Planned Parenthood Doctor Erroneously Claims Abortion Safter Than Birth

National   |   Steven Ertelt   |   Apr 2, 2004   |   9:00AM   |   WASHINGTON, DC

Planned Parenthood Doctor Erroneously Claims Abortion Safter Than Birth

by Steven Ertelt
LifeNews.com Editor
April 2, 2004

Washington, DC (LifeNews.com) — A Planned Parenthood medical director, who came under fire earlier this week for claiming abortion has no adverse long-term consequences, also put forward the disputed notion that abortion is safer than childbirth.

"Overall, abortion is safer than carrying a pregnancy to term and going through childbirth," Maureen Paul, the chief medical officer at Planned Parenthood Golden Gate, said. "The death from childbirth is about 10 times that of the risk of having an abortion."

The comments came during her testimony in the partial-birth abortion trial in San Francisco.

However, research shows that not only is abortion not safer than carrying a pregnancy to term — it’s more dangerous for women.

According to the Elliot Institute, a post-abortion research organization, those who claim abortion is safer rely on faulty data that do not properly categorize all abortion-related deaths.

David Reardon, Ph.D., the Illinois-based group’s director, points to Maryland abortion statistics to prove his point.

On March 1, 1989, Erica Richardson, a 16-year-old Maryland resident, bled to death from a punctured uterus only hours after undergoing an abortion. During the next five months, two more Maryland residents, Gladys Estanislao and Debra Gray, also died from abortion complications.
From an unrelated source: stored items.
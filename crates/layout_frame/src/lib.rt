//! The frame of a picture of a layout: where its points lie and how its links bow; and its words, which are the names of
//! points and trains, the legend and the title, or why there is no picture. It promises that a frame has a size and a spot for
//! each point, and that the names of the points are written in order.
#![tactic(auto)]

mod areas;
mod bows;
mod captions;
mod cells;
mod directions;
mod filling;
mod frame;
mod laws;
mod legend;
mod looks;
mod numbers;
mod placing;
mod room;
mod shapes;
mod spine;
mod straightening;
mod titles;

pub use areas::{area_colour, area_stripes};
pub use bows::bow_between;
pub use captions::{push_point_names, push_train_names};
pub use directions::direction_of;
pub use frame::{Frame, Grid, View, frame_of, shifted};
pub use laws::areas_look_different;
pub use legend::push_legend;
pub use looks::Look;
pub use numbers::push_numbers;
pub use shapes::{push_label, push_painted, push_shape};
pub use titles::{cause_of, title_of};
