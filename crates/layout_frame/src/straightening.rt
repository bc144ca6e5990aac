// Other rows for some points, so that the ways of the trains are straighter.

use crate::cells::{Cell, Cells};
use rail_model::{Layout, Table, points_of};

fn row_of(cells: &Cells, point: u32) -> u32 {
    match cells.at(point) {
        Some(cell) => cell.row,
        None => 0,
    }
}

// How many rows a way goes up and down, and how much it bends.
fn unevenness_of(cells: &Cells, route: &[u32]) -> u64 {
    let mut sum: u64 = 0;
    let mut last: Option<u32> = None;
    let mut slope: Option<i64> = None;
    for point in route {
        let row = row_of(cells, *point);
        if let Some(last) = last {
            let rise = i64::from(row) - i64::from(last);
            let bend = rise.saturating_sub(slope.unwrap_or(rise));
            sum = sum
                .saturating_add(rise.unsigned_abs())
                .saturating_add(bend.unsigned_abs());
            slope = Some(rise);
        }
        last = Some(row);
    }
    sum
}

// How uneven all ways are, and the links.
fn unevenness(cells: &Cells, layout: &Layout, table: &Table) -> u64 {
    let mut sum: u64 = 0;
    for mission in table.missions().as_slice() {
        sum = sum.saturating_add(unevenness_of(cells, mission.as_slice()));
    }
    for link in layout.links() {
        let rise = row_of(cells, link.first()).abs_diff(row_of(cells, link.second()));
        sum = sum.saturating_add(u64::from(rise));
    }
    sum
}

// Moves a point to another cell, and the point that was there to where it comes from.
fn exchange(cells: &mut Cells, point: u32, from: Cell, to: Cell) {
    if let Some(other) = cells.point_at(to) {
        cells.put(other, from);
    }
    cells.put(point, to);
}

// Moves a point to another row if that makes the ways straighter.
fn try_row(cells: &mut Cells, layout: &Layout, table: &Table, point: u32, row: u32) {
    if let Some(from) = cells.at(point) {
        let to = Cell::new(from.column, row);
        let before = unevenness(cells, layout, table);
        exchange(cells, point, from, to);
        if before <= unevenness(cells, layout, table) {
            exchange(cells, point, to, from);
        }
    }
}

// Tries the rows near that of a point.
fn try_rows(cells: &mut Cells, layout: &Layout, table: &Table, point: u32) {
    let row = row_of(cells, point);
    for other in row.saturating_sub(2)..row.saturating_add(3) {
        try_row(cells, layout, table, point, other);
    }
}

/// Moves points within their columns for as long as the ways get straighter by it, a few times each.
pub(crate) fn straighten(cells: &mut Cells, layout: &Layout, table: &Table) {
    for _ in 0..3 {
        for point in 0..points_of(layout) {
            try_rows(cells, layout, table, point);
        }
    }
}
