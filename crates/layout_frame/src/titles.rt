// The title of a picture, or why there is none.

use crate::frame::{point_name, train_name};
use legal_state::Illegal;
use rail_model::{Layout, Names, State, Table, last_of, trains_of};
use std::alloc::{AllocError, Global};

// The last place of a train.
fn last_place(table: &Table, train: u32) -> u32 {
    if train < trains_of(table) {
        last_of(table, train)
    } else {
        0
    }
}

// Adds why a state isn't legal.
fn write_cause(
    words: &mut String,
    layout: &Layout,
    names: &Names,
    table: &Table,
    state: &State,
    illegal: Illegal,
) -> Result<(), AllocError> {
    match illegal {
        Illegal::Length { count } => {
            let trains = names.trains();
            write!(words, "there are {trains} trains, and places for {count}")
        }
        Illegal::Range { train } => {
            let name = train_name(names, train);
            let place = state.as_slice().get(train as usize).copied().unwrap_or(0);
            let last = last_place(table, train);
            write!(words, "{name} has no place {place}: its last one is {last}")
        }
        Illegal::Clash {
            first,
            second,
            point,
        } => {
            let first = train_name(names, first);
            let second = train_name(names, second);
            let point = point_name(layout, point);
            write!(words, "{first} and {second} are both at {point}")
        }
        Illegal::Over {
            section,
            count,
            limit,
        } => write!(
            words,
            "section {section} has {count}, above its limit {limit}"
        ),
    }
}

// Adds the places of a state, or that they are the start.
fn write_places(title: &mut String, state: &State, start: &State) -> Result<(), AllocError> {
    if state.as_slice() == start.as_slice() {
        return title.push_str("their start");
    }
    let mut before = "places ";
    for place in state.as_slice() {
        write!(title, "{before}{place}")?;
        before = ",";
    }
    Ok(())
}

/// Why a state of a table isn't legal.
pub fn cause_of(
    alloc: Global,
    layout: &Layout,
    names: &Names,
    table: &Table,
    state: &State,
    illegal: Illegal,
) -> Result<String, AllocError> {
    let mut words = String::new(alloc);
    write_cause(&mut words, layout, names, table, state, illegal)?;
    Ok(words)
}

/// The title of a picture of a table with trains in a state.
pub fn title_of(
    alloc: Global,
    table: u32,
    state: &State,
    start: &State,
) -> Result<String, AllocError> {
    let mut title = format!(in alloc; "Layout, table {table}: trains at ")?;
    write_places(&mut title, state, start)?;
    Ok(title)
}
"Shockingly, none of these three women was even granted that smallest of recognitions — becoming a statistic," Reardon explains. "The official statistics issued by Maryland public health officials showed that there were no deaths from abortion in 1989. Indeed, Maryland only reported a single abortion-related death for the entire decade of 1980 to 1989."

In fact, four Maryland women died from abortion’s obtained that year.

Susanne Logan became comatose following her abortion and awoke four months later a quadriplegic, unable to talk. She died three years afterwards in 1992. Since her death was not an immediate result of the abortion, however, it was not counted in official abortion mortality statistics.

The Centers for Disease Control, a federal agency that monitors thousands of vital statistics, might be expected to help provide accurate data. But it no longer tracks statistics related to deaths from abortions and its older statistics have proven faulty.

In the late 1980s, Kevin Sherlock, an investigative reporter, examined death certificates of women of reproductive age in Los Angeles County. Between 1970 and 1987, Sherlock found 29 women who had died from abortion complications.

Four of the deaths came during a one-year period for which the CDC found no abortion deaths in California and only 12 for the entire country.

Sherlock eventually concluded the CDC underreports the number of abortion deaths by as much as 40 percent.

Autopsy reports often hide abortion’s impact on women and contribution to their deaths.

Women who die from abortions are frequently listed as having died from infection, though the abortion itself brought on the infection. Such was the case in the death of Holly Patterson, a California teen who died after taking the RU 486 abortion drug at a Planned Parenthood.

Despite Patterson’s death, Planned Parenthood’s Maureen Paul insisted abortion is safer.

However, under cross-examination by Justice Department attorney Mark Quinlivan, Paul acknowledged that she is not board certified in maternal fetal medicine, an OBGYN specialty.

She also admitted that the partial-birth abortion procedure has never been subject to any peer-reviewed study showing it to be safer than childbirth.

At one point, Paul refused to acknowledge that, by performing an abortion, she is ending the life of an unborn child.

"I know what my purpose is," Paul explained. "That my purpose in bringing … the fetal trunk out past the navel is to empty the uterus in the safest way possible. Yet [the ban] implies that I have this other purpose, which is to kill the fetus."